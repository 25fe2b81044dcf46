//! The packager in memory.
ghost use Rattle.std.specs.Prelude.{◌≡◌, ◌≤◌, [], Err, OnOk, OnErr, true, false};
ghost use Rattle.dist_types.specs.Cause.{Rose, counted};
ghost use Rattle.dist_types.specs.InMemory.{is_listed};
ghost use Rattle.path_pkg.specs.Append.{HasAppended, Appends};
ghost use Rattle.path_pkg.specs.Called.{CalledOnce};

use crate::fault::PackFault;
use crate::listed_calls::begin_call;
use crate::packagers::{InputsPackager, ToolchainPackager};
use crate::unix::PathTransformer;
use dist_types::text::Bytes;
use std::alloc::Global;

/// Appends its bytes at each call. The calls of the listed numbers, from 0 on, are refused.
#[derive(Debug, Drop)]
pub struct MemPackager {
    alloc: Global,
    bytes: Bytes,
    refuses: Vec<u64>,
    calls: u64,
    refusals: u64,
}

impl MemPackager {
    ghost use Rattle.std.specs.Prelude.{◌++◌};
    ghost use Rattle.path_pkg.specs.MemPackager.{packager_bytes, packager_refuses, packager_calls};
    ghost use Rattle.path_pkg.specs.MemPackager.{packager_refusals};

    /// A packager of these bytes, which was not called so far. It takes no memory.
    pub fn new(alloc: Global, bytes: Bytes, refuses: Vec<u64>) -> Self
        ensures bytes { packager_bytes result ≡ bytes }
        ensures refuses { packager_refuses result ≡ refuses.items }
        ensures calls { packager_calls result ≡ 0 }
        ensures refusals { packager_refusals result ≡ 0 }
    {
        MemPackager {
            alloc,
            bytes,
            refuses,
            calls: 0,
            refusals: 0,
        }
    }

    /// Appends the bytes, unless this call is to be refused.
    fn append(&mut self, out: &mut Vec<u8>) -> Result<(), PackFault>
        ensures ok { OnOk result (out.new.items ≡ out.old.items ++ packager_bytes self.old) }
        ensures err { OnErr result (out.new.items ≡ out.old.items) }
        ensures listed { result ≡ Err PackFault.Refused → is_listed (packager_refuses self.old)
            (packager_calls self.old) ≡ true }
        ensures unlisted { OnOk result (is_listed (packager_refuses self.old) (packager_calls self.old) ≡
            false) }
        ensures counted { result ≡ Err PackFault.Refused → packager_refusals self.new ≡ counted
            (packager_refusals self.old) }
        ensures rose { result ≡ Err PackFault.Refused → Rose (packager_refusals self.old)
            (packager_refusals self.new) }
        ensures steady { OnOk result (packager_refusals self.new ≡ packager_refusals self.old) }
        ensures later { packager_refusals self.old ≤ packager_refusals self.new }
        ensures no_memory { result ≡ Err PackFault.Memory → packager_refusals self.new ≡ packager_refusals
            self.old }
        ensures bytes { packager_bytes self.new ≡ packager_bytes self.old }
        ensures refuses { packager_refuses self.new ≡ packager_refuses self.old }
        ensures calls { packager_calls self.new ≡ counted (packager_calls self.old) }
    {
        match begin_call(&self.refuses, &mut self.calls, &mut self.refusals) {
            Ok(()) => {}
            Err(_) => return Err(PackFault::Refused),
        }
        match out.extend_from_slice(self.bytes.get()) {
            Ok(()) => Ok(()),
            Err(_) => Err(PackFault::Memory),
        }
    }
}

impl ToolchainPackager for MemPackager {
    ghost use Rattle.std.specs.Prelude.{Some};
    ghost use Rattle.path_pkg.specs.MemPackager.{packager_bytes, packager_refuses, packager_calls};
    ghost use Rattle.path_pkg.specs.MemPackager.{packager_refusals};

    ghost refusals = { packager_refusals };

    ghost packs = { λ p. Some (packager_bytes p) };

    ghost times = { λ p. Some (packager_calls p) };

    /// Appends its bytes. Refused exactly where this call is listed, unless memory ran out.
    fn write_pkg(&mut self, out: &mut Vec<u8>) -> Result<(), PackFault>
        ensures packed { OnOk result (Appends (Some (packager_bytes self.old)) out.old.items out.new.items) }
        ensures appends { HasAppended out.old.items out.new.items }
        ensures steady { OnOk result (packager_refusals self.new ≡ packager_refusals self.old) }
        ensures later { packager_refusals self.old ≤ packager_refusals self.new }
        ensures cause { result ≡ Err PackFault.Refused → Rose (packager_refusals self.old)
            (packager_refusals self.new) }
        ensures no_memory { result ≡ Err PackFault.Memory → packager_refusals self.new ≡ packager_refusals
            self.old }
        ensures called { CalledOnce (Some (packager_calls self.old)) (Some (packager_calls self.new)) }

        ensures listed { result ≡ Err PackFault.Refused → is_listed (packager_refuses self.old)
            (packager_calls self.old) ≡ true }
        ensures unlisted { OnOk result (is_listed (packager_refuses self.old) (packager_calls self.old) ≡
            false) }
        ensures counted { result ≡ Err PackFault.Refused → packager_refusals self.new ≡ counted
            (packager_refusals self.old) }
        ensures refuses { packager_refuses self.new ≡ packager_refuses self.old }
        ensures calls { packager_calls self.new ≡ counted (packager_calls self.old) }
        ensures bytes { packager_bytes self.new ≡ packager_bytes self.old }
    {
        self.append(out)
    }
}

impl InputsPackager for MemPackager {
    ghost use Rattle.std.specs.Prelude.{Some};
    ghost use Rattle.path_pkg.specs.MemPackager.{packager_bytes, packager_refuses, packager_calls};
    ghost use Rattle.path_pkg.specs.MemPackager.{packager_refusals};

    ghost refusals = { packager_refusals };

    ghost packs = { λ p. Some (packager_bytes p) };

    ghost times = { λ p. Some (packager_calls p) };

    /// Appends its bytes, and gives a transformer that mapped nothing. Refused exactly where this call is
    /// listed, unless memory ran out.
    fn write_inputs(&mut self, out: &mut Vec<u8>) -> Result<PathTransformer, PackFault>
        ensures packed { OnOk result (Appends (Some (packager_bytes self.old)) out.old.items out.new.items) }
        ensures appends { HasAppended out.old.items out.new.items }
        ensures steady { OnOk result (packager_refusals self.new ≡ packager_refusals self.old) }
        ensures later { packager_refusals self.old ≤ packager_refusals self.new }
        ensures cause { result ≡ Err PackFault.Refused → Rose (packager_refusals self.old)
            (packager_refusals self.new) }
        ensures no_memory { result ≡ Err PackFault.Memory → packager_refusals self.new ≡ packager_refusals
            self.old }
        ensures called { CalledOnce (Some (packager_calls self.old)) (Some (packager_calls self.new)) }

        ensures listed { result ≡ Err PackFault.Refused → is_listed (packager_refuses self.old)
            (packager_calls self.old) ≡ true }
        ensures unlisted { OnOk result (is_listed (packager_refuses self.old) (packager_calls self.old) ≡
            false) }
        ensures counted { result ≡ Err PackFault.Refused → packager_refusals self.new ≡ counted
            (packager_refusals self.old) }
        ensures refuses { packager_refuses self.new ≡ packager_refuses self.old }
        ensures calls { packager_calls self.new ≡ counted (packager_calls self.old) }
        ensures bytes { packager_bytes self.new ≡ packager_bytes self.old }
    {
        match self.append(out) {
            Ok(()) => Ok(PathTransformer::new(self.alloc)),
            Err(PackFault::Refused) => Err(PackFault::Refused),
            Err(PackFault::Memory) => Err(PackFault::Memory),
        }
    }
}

PROBLEM DETAILS: The lines that mention the word "Prelude" should be pulled from the records above.

RESPONSE TO THE TASK:
ghost use Rattle.std.specs.Prelude.{◌≡◌, ◌≤◌, [], Err, OnOk, OnErr, true, false};
    ghost use Rattle.std.specs.Prelude.{◌++◌};
    ghost use Rattle.std.specs.Prelude.{Some};
    ghost use Rattle.std.specs.Prelude.{Some};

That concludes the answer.